SEPTEMBER 30: 3:30 PM: node028 will be unavailable until further notice due to a problem with its Myrinet interface.
The node has been marked as down from the point of view of PBS, so this unavailability should be transparent to users.
SEPTEMBER 17: 2:15 PM: ssh has been updated on the cluster due to a security issue, and as a result all ssh connections have just been terminated. Management apologizes for the inconvenience this has caused. Also note that the host key of vnfe4 has changed, so you will have to remove old entries from your ~/.ssh/known_hosts files in order to get rid of the diagnostic messages warning of the change in the host key.
AUGUST 19: 3:30 PM: PBS users will be interested in the qsort command, provided by Mark Thachuk and Roman Baranowski. qsort turns the full output from qstat into a much more human-consumable form.
AUGUST 19: 2:30 PM: PBS has been reconfigured so that users can submit more than two jobs at a time.
Any users who have launched jobs INTERACTIVELY on the Myrinet nodes should KILL those jobs ASAP and resubmit via the batch queue.
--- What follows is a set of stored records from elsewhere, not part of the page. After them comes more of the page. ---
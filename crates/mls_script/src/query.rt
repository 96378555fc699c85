//! What stands behind the label of a view: which of its rows are asked for.
ghost use Rattle.std.specs.Prelude.{◌≡◌, ◌<◌, length};
ghost use Rattle.mls_parser.specs.Noted.{GivesPlaced, token};
ghost use Rattle.mls_parser.specs.Words.{pass_known};
ghost use Rattle.mls_script.specs.ReadQuery.{comparison_of_sign, comparison_of, class_at, number_of, is_count};
ghost use Rattle.mls_script.specs.ReadQuery.{count_of, rows_at, first_at, where_at, query_at};

use mls_lattice::Policy;
use mls_parser::{PlacedFault, Reader, TextCause, ill_formed};
use mls_scheme::{RelNo, Schemes};
use mls_tokens::{Sign, Token};
use mls_translang::{ClassTest, Comparison, Expr, Query};
use std::alloc::Global;

fn comparison_of_sign(sign: Sign) -> Option<Comparison>
    ensures { result ≡ comparison_of_sign sign }
{
    match sign {
        Sign::Equals => Some(Comparison::Equal),
        Sign::Differs => Some(Comparison::Unequal),
        Sign::Less => Some(Comparison::Less),
        Sign::AtMost => Some(Comparison::AtMost),
        Sign::Greater => Some(Comparison::Greater),
        Sign::AtLeast => Some(Comparison::AtLeast),
        _ => None,
    }
}

fn comparison_of(token: &Token) -> Option<Comparison>
    ensures { result ≡ comparison_of token.now }
{
    match token {
        Token::Sign(sign) => comparison_of_sign(*sign),
        _ => None,
    }
}

/// Passes a comparison, and gives its place too.
fn comparison(reader: &mut Reader) -> Result<(Comparison, usize), PlacedFault>
    ensures { GivesPlaced (λ x. ((x.0, x.1), reader.new)) result (token (pass_known comparison_of) reader.old) }
{
    let first = reader.tokens.pop().ok_or(reader.tokens.refused())?;
    let comparison = comparison_of(&first.token).ok_or(ill_formed(first.at, TextCause::Expected))?;
    Ok((comparison, first.at))
}

/// Passes a test of classes if its word is next.
#[tactic(auto, unfolding(crate::specs::ReadQuery::class_at))]
fn class(policy: &Policy, reader: &mut Reader) -> Result<Option<ClassTest>, PlacedFault>
    ensures { GivesPlaced (λ c. (c, reader.new)) result (class_at policy.now reader.old) }
{
    if reader.takes_word("class").is_none() {
        return Ok(None);
    }
    let (comparison, _) = comparison(reader)?;
    let label = reader.label(policy)?;
    Ok(Some(ClassTest { comparison, label }))
}

fn number_of(token: &Token) -> Option<i64>
    ensures { result ≡ number_of token.now }
{
    match token {
        Token::Int(number) => Some(*number),
        _ => None,
    }
}

/// Passes a number, and gives its place too.
fn number(reader: &mut Reader) -> Result<(i64, usize), PlacedFault>
    ensures { GivesPlaced (λ x. ((x.0, x.1), reader.new)) result (token (pass_known number_of) reader.old) }
{
    let first = reader.tokens.pop().ok_or(reader.tokens.refused())?;
    let number = number_of(&first.token).ok_or(ill_formed(first.at, TextCause::Expected))?;
    Ok((number, first.at))
}

/// A number of rows; none, where it is negative.
fn count_of(number: i64) -> usize
    ensures { result ≡ count_of number }
{
    if number >= 0 { number as usize } else { 0 }
}

fn is_count(number: i64) -> bool
    ensures { result ≡ is_count number }
{
    number >= 0
}

/// Passes a number of rows. A negative one is noted.
#[tactic(auto, unfolding(crate::specs::ReadQuery::rows_at))]
pub(crate) fn rows(reader: &mut Reader) -> Result<usize, PlacedFault>
    ensures { GivesPlaced (λ n. (n, reader.new)) result (rows_at reader.old) }
{
    let (number, at) = number(reader)?;
    reader.note(is_count(number), at, TextCause::Kind)?;
    Ok(count_of(number))
}

/// Passes how many rows are asked for, if the word is next. Rows that are counted are all that are found.
#[tactic(auto, unfolding(crate::specs::ReadQuery::first_at))]
fn first(counts: bool, reader: &mut Reader) -> Result<Option<usize>, PlacedFault>
    ensures { GivesPlaced (λ f. (f, reader.new)) result (first_at counts reader.old) }
{
    if counts || reader.takes_word("first").is_none() {
        return Ok(None);
    }
    Ok(Some(rows(reader)?))
}

/// Passes a condition if its word is next.
#[tactic(auto, unfolding(crate::specs::ReadQuery::where_at))]
fn condition(
    alloc: Global,
    policy: &Policy,
    schemes: &Schemes,
    relation: RelNo,
    reader: &mut Reader,
) -> Result<Option<Expr>, PlacedFault>
    requires { relation < length schemes.now }
    ensures { GivesPlaced (λ t. (t, reader.new)) result (where_at policy.now schemes.now relation reader.old) }
{
    if reader.takes_word("where").is_none() {
        return Ok(None);
    }
    let test = mls_parser::condition(alloc, policy, schemes, relation, reader)?;
    Ok(Some(test))
}

/// Passes what is asked of the rows of a view.
#[tactic(auto, unfolding(crate::specs::ReadQuery::query_at))]
pub(crate) fn query(
    alloc: Global,
    policy: &Policy,
    schemes: &Schemes,
    counts: bool,
    relation: RelNo,
    reader: &mut Reader,
) -> Result<Query, PlacedFault>
    requires { relation < length schemes.now }
    ensures { GivesPlaced (λ q. (q, reader.new)) result (query_at policy.now schemes.now counts relation reader.old) }
{
    let highest = reader.takes_word("highest").is_some();
    let class = class(policy, reader)?;
    let first = first(counts, reader)?;
    let test = condition(alloc, policy, schemes, relation, reader)?;
    Ok(Query {
        highest,
        class,
        test,
        first,
    })
}
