//! Lines that are typed, and why one is not read.

/// The most bytes that a file or the standard input may have.
pub const MOST_BYTES: usize = 1_048_576;

/// What comes next.
#[derive(Drop)]
pub enum Typed {
    /// A line with its LF. The last may have none, and behind it comes an empty one, which is the end.
    Line(Vec<u8>),
    /// A line with `MOST_BYTES` bytes or more before its LF: none of it is kept.
    TooLong,
}

/// Why a line is not read whole.
#[derive(Clone, Copy)]
pub enum TypingFault {
    Unreadable,
    Memory,
    /// What was written before it was not taken.
    Output,
}

/// How far a line is read.
#[derive(Drop)]
pub(crate) enum Part {
    /// Up to its LF.
    Line(Vec<u8>),
    /// Up to the end.
    Last(Vec<u8>),
    /// As many bytes as a line may have, without an LF.
    Full,
}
Please report any further problems to Matt, and many thanks to Mark Thachuk for bringing the problem immediately to our attention.
AUGUST 19: 2:30 PM: Mark Thachuk has reported an interesting bug in some Perl scripts that are used during an mpirun invocation. The crux of the matter is that YOU CANNOT SUBMIT A JOB USING mpirun FROM A DIRECTORY WHOSE FULL PATH NAME CONTAINS AN '=' (EQUAL SIGN).
AUGUST 12: 12 NOON: Matt will be on vacation August 13 - August 20 inclusive. During this time, please report any problems to Kevin Lai.